[Extracted data — start]

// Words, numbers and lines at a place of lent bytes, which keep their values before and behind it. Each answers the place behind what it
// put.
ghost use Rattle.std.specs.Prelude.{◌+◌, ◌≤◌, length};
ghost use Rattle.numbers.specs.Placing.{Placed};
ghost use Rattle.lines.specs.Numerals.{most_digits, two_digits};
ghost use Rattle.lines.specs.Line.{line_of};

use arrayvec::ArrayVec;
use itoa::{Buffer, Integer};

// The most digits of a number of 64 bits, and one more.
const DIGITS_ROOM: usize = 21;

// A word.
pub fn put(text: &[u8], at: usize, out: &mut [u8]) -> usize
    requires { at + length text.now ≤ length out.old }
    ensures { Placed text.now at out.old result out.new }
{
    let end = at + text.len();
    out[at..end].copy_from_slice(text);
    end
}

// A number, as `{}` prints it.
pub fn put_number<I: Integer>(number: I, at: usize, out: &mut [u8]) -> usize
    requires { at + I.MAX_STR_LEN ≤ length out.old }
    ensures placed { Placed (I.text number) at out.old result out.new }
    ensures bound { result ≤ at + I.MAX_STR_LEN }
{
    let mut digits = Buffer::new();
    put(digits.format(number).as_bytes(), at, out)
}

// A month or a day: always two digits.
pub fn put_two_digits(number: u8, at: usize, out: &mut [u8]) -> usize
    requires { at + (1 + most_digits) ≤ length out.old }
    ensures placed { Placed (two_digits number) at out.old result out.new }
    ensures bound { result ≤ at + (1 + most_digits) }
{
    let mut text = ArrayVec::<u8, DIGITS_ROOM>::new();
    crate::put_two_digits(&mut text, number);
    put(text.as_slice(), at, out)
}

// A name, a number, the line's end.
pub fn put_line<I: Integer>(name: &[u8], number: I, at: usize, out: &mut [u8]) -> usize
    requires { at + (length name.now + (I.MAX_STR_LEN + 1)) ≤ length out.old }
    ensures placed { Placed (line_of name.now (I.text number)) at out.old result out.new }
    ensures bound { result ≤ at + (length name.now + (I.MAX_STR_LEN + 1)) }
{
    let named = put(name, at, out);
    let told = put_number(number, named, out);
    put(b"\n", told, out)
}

[Extracted data — finish]
[Extracted data — start]

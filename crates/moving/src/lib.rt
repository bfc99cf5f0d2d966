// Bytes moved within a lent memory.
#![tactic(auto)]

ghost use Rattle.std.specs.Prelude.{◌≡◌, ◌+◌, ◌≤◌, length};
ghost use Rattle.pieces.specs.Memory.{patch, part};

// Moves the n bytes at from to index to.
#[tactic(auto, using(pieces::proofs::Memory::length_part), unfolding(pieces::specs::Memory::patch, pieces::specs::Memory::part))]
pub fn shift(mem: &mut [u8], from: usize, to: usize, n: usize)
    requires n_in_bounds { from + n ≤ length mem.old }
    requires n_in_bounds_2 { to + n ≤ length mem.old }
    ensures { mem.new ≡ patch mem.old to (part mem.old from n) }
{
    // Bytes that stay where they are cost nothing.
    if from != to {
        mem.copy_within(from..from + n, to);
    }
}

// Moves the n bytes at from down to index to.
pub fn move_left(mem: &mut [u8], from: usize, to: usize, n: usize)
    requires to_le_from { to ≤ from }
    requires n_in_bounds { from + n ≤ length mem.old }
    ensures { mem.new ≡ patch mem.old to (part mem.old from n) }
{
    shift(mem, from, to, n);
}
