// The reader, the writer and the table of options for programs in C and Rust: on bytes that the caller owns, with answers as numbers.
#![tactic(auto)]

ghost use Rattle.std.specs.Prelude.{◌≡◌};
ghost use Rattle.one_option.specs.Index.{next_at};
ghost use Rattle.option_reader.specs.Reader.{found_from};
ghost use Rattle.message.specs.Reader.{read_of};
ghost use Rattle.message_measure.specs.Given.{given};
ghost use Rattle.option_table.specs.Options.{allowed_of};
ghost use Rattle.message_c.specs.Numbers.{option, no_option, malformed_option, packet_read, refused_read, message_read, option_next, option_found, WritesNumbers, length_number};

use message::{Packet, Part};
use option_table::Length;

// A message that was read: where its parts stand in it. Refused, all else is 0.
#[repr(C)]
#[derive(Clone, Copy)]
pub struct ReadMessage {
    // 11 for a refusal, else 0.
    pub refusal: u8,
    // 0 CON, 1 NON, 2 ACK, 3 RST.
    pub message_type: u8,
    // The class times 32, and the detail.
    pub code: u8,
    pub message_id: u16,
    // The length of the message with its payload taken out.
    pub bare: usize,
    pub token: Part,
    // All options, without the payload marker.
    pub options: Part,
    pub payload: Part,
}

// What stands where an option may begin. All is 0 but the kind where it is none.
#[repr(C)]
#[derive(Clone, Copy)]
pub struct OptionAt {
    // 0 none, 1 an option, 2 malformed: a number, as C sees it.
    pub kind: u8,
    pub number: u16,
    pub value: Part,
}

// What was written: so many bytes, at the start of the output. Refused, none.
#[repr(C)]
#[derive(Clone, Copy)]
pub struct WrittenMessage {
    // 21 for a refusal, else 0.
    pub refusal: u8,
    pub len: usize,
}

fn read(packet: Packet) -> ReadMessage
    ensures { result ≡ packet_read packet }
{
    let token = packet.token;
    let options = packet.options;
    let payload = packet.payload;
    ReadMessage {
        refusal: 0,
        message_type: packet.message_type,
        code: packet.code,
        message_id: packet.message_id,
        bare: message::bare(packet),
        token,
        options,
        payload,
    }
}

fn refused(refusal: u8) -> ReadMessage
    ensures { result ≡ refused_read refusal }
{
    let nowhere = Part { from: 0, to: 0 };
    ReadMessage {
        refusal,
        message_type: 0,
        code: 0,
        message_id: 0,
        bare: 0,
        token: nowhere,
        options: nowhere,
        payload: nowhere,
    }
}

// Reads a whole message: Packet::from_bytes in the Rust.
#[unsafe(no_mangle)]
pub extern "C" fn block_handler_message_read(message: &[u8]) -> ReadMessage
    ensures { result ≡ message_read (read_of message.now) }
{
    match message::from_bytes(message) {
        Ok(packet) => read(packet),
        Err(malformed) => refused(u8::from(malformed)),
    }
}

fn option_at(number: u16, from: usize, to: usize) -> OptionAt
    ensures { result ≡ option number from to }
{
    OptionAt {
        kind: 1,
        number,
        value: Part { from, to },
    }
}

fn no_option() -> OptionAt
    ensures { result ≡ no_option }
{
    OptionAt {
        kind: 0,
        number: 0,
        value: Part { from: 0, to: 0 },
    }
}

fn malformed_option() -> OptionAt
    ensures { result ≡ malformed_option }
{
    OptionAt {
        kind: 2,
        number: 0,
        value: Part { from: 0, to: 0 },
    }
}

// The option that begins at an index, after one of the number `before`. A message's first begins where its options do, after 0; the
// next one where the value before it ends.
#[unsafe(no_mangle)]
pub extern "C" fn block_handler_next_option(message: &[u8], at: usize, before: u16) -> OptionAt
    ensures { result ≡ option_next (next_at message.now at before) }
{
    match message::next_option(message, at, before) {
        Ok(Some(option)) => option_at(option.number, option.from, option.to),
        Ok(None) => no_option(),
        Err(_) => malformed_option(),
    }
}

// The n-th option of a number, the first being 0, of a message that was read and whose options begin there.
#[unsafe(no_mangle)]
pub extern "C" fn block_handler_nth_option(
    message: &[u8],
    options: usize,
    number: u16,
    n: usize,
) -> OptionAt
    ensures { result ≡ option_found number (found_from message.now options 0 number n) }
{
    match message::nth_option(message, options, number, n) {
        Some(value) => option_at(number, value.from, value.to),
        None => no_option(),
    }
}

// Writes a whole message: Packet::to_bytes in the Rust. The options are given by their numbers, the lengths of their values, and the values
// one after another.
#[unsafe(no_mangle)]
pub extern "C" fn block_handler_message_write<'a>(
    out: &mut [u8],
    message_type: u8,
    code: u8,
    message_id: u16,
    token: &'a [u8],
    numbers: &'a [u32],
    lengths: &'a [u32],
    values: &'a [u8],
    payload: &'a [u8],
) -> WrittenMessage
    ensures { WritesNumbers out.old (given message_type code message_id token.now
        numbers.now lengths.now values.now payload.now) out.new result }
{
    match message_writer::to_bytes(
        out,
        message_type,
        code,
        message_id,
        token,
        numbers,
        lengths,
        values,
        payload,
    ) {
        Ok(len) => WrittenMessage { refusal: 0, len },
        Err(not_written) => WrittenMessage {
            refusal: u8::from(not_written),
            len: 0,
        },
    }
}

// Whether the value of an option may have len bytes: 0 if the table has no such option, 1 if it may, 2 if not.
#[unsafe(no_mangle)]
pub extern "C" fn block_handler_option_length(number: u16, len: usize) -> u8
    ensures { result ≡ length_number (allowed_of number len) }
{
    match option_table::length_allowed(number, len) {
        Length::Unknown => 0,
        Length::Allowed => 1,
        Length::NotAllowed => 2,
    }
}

[Extracted data — finish]

Exercise description
The response should be the listing above, limited to the lines between the one holding "let token = packet.token;" and the one holding "fn refused(refusal: u8) -> ReadMessage", inclusive, reproduced exactly.

Expected output
    let token = packet.token;
    let options = packet.options;
    let payload = packet.payload;
    ReadMessage {
        refusal: 0,
        message_type: packet.message_type,
        code: packet.code,
        message_id: packet.message_id,
        bare: message::bare(packet),
        token,
        options,
        payload,
    }
}

fn refused(refusal: u8) -> ReadMessage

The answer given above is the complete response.